Embroidery: Lesson 4

Wednesday, September 5th, 2007

Today will be the last day of basic stitches, and the final two weeks we’ll be doing a few more advanced albeit beautiful stitches. The ones we will cover today aren’t that common, but they are easy and are great finishes and accents to designs. One thing I do want to say is people are still having trouble with french knots. While they do seem easy, you must practice them and it may take awhile. The key is to keeping the thread taut into your fingers after you wrap it around the needle and are pulling it through the fabric. If you aren’t holding it tight enough, it will unravel, or knot prematurely.
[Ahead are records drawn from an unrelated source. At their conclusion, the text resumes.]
// Plays a schedule with resets as its input comes: a world of terminals that is run, the number of the next event, and the line that has not
// ended. The numbers go by value, and every array behind a reference. What is kept of a line, the phases and the limits are the player's.
#![tactic(auto)]

ghost use Rattle.std.specs.Prelude.{Bool, true, false, ◌≡◌, ◌≤◌, ◌<◌, length, take, Some};
ghost use Rattle.group.specs.Limits.{members_most};
ghost use Rattle.player.specs.Parts.{told_as};
ghost use Rattle.reset_schedule.specs.Laws.{meant_by};
ghost use Rattle.reset_schedule.specs.Line.{event_of};
ghost use Rattle.reset_simulator.specs.Whole.{whole_of, group_of};
ghost use Rattle.schedule.specs.Line.{opening_of, payload_room};
ghost use Rattle.reset_output.specs.Recover.{refused_told, open_told, event_told, line_told, member_told, sequencer_told};
ghost use Rattle.reset_player.specs.Feed.{fed_of, end_of};
ghost use Rattle.reset_player.specs.Player.{stage_in, phase_of, stage_of, state_of, Does, LaysLast, Fresh};
ghost use Rattle.reset_player.specs.Steps.{Fits, action_of, Sized, Performed, Tells, Refuses, PlaysLine};

use group::{Group, Refusal, SequenceNumber};
use model::Reply;
use player::{LINE, OUTPUT, Phase, degree, keep, next_number, phase_of, write_answer};
use report::{write_bad_line, write_bad_opening, write_no_space, write_refused_opening};
use reset_report::{write_sequencer, write_terminal};
use reset_schedule::{Command, read_event};
use reset_simulator::{Happening, World};
use schedule::{PAYLOAD_ROOM, read_opening};
use simulator::PACKETS;
use terminal_rows::{Call, MASKS, NUMBERS, SMALL, read_head};
use text::line_end;

// The numbers of a player: those of its world, the number of the next event, where playing stands, and how many bytes are kept of a line
// that has not ended.
#[derive(Clone, Copy)]
pub struct Player {
    pub world: World,
    pub number: u64,
    pub phase: Phase,
    pub length: usize,
}

// What a part of the input gives: the player's numbers after it, how much of the part was read, and how many bytes were printed to
// the front of the lent output.
#[derive(Clone, Copy)]
pub struct Fed {
    pub player: Player,
    pub used: usize,
    pub written: usize,
}

// What a line gives.
#[derive(Clone, Copy)]
struct Told {
    world: World,
    number: u64,
    phase: Phase,
    written: usize,
}

// What a command asks of the world: a call of a terminal, with that many bytes, or a packet handed to one.
#[derive(Clone, Copy)]
enum Action {
    Act { call: Call, i: usize, length: usize },
    Hand { call: Call, packet: usize, i: usize },
}

// What a command asks.
#[tactic(auto, unfolding(crate::specs::Steps::action_of))]
fn action_of(command: Command) -> Action
    ensures { result ≡ action_of command }
{
    match command {
        Command::Submit { terminal, length } => Action::Act {
            call: Call::Submit,
            i: terminal as usize,
            length,
        },
        Command::Repeat(terminal) => Action::Act {
            call: Call::Repeat,
            i: terminal as usize,
            length: 0,
        },
        Command::Take(terminal) => Action::Act {
            call: Call::Take,
            i: terminal as usize,
            length: 0,
        },
        Command::Status(terminal) => Action::Act {
            call: Call::Status,
            i: terminal as usize,
            length: 0,
        },
        Command::Poll(terminal) => Action::Act {
            call: Call::Poll,
            i: terminal as usize,
            length: 0,
        },
        Command::Copy { terminal, number } => Action::Act {
            call: Call::Copy(SequenceNumber(number)),
            i: terminal as usize,
            length: 0,
        },
        Command::HandMember { packet, terminal } => Action::Hand {
            call: Call::Receive,
            packet: packet as usize,
            i: terminal as usize,
        },
        Command::HandSequencer { packet, terminal } => Action::Hand {
            call: Call::Order,
            packet: packet as usize,
            i: terminal as usize,
        },
        Command::Invite { terminal, number } => Action::Act {
            call: Call::Invite(number),
            i: terminal as usize,
            length: 0,
        },
        Command::Make { terminal, demand } => Action::Act {
            call: Call::Make(demand),
            i: terminal as usize,
            length: 0,
        },
    }
}
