// Reads so many blocks of a file, up to the first that is wrong, and shows each right one with its records.
fn read_blocks<F: FnMut(&[u8], usize)>(mut file: &File, total: u64, mut show: F) -> Found
    requires { F.IsAlwaysCallable show }
{
    let mut known = Found {
        blocks: 0,
        messages: 0,
        tail: Tail::fresh(),
    };
    for _ in 0..total {
        let mut block = [0; Block::SIZE];
        if file.read_exact(&mut block).is_err() {
            break;
        }
        let Some(next) = known.tail.next(&block) else {
            break;
        };
        show(&block, next.messages);
        known = Found {
            blocks: known.blocks.wrapping_add(1),
            messages: known.messages.wrapping_add(next.messages),
            tail: next.tail,
        };
    }
    known
}

// The length of a file, which is read from its beginning then.
fn length_of(mut file: &File) -> io::Result<u64> {
    let length = file.seek(SeekFrom::End(0))?;
    file.seek(SeekFrom::Start(0))?;
    Ok(length)
}

#[inline(never)]
fn list(rt: &HostRuntime, name: &[u8]) -> Result<(), Failure> {
    let file = File::open(rt, path(name)?)?;
    let length = length_of(&file)?;
    if length % 512 != 0 {
        return Err(Failure::Refused(Refusal::WrongJournal));
    }
    let known = read_blocks(&file, length / 512, |block, records| {
        print_records(rt, block, records)
    });
    print_totals(rt, known.blocks, known.messages);
    Ok(())
}

// Where a block begins in a file; for one that no file has an offset that the system refuses.
fn offset_of(blocks: usize) -> u64 {
    (blocks as u64).saturating_mul(512)
}

// A message as a line gives it; its payload lies in the bytes that were lent.
#[derive(Clone, Copy)]
struct Message {
    number: u32,
    originator: u8,
    count: u32,
    length: usize,
}
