// The refusals by name, each with the model's number, and an answer as one number.
#![tactic(auto)]

ghost use Rattle.std.specs.Prelude.{◌≡◌};
ghost use Rattle.model.specs.Refusals.{refusals, packed, answer_by};
ghost use Rattle.base_refusals.specs.Numbers.{number_of, count_of, ended};

use std::error::Error;
use std::fmt;

// Why an operation is refused. `Ring` has the count of functions from which a chain of calls reaches a ring.
#[derive(Clone, Copy, Debug, PartialEq, Eq)]
pub enum Refusal {
    BadSize,
    BadLayout,
    BadRange,
    BadReference,
    BadNames,
    BadScope,
    ShortOutput,
    OriginalNotFound,
    ReplacementNotFound,
    ArgumentTypes,
    ResultTypes,
    Ring(u32),
    NumberGiven,
    NoSource,
    Full,
    UnknownRing,
}

// The numbers of all of them, which are the model's.
pub fn all() -> [u32; 16]
    ensures { result ≡ refusals }
{
    [
        Refusal::BadSize,
        Refusal::BadLayout,
        Refusal::BadRange,
        Refusal::BadReference,
        Refusal::BadNames,
        Refusal::BadScope,
        Refusal::ShortOutput,
        Refusal::OriginalNotFound,
        Refusal::ReplacementNotFound,
        Refusal::ArgumentTypes,
        Refusal::ResultTypes,
        Refusal::Ring(0),
        Refusal::NumberGiven,
        Refusal::NoSource,
        Refusal::Full,
        Refusal::UnknownRing,
    ]
    .map(Refusal::number)
}

impl Refusal {
    // The model's number of the refusal.
    pub fn number(self) -> u32
        ensures { result ≡ number_of self }
    {
        match self {
            Refusal::BadSize => 1,
            Refusal::BadLayout => 2,
            Refusal::BadRange => 3,
            Refusal::BadReference => 4,
            Refusal::BadNames => 5,
            Refusal::BadScope => 6,
            Refusal::ShortOutput => 7,
            Refusal::OriginalNotFound => 8,
            Refusal::ReplacementNotFound => 9,
            Refusal::ArgumentTypes => 10,
            Refusal::ResultTypes => 11,
            Refusal::Ring(_) => 12,
            Refusal::NumberGiven => 13,
            Refusal::NoSource => 20,
            Refusal::Full => 21,
            Refusal::UnknownRing => 22,
        }
    }

    // The count that a ring has. 0 for any other, and no `Option`: both that ask write the number, and C reads 0 there.
    pub fn count(self) -> u32
        ensures { result ≡ count_of self }
    {
        match self {
            Refusal::Ring(left) => left,
            _ => 0,
        }
    }
}

// What a refusal means, in a sentence.
impl fmt::Display for Refusal {
    fn fmt<W: fmt::Write>(&self, f: &mut fmt::Formatter<W>) -> fmt::Result {
        f.write_str(match self {
            Refusal::BadSize => "the size, the edition or the total of words is wrong",
            Refusal::BadLayout => "the layout or the padding is wrong, or a limit is passed",
            Refusal::BadRange => {
                "a number or a code is out of range, or a kind stands where it is barred"
            }
            Refusal::BadReference => "a reference is not to a lower number",
            Refusal::BadNames => {
                "a name is missing, or names, named numbers or special keys are equal"
            }
            Refusal::BadScope => "a rule of scope is broken",
            Refusal::ShortOutput => "the output is too short",
            Refusal::OriginalNotFound => "no function bears the original's name",
            Refusal::ReplacementNotFound => "no function bears the replacement's name",
            Refusal::ArgumentTypes => {
                "the original and the replacement have other argument types"
            }
            Refusal::ResultTypes => "the original and the replacement have other result types",
            Refusal::Ring(_) => "functions call one another in a ring",
            Refusal::NumberGiven => "a number given by the caller lies outside its table",
            Refusal::NoSource => "no source is set",
            Refusal::Full => "the derived image would be too long, or a table of it too large",
            Refusal::UnknownRing => "functions of unknown name call one another in a ring",
        })
    }
}

impl Error for Refusal {}

// An answer as one number: the refusal in the low half, 0 for none, and a value in the high half.
// A number and no `Result`, since C reads one number.
pub fn pack(refusal: u32, value: u32) -> u64
    ensures { result ≡ packed refusal value }
{
    refusal as u64 + value as u64 * 4294967296
}

// The same of a result: its value, or its refusal, of which a ring alone has a count in the high half.
// A number and no `Result`, since C reads one number.
pub fn answer(r: Result<u32, Refusal>) -> u64
    ensures { result ≡ answer_by (λ v. v) (ended r) }
{
    match r {
        Ok(value) => pack(0, value),
        Err(refusal) => pack(refusal.number(), refusal.count()),
    }
}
Some people offered Heather Bailey’s instruction on doing them and said this way works wonders, and you can find that here. If anyone has any other suggestions (besides the ones that are in the comments for Lesson 2), please let me know – I’d love to post them since french knots are beautiful and almost essential to embroidery. Now, Lesson 4.

Stitch #9 Granitos Stitch

This stitch is complementary to the satin stitch (that we covered last week) as another way to fill certain shapes. They’re also great to do as leaves or petals instead of the lazy daisy (covered in lesson 2). This stitch is the same stitch in the same direction, coming and going in at the same point over and over. Sounds simple? That’s because it really is.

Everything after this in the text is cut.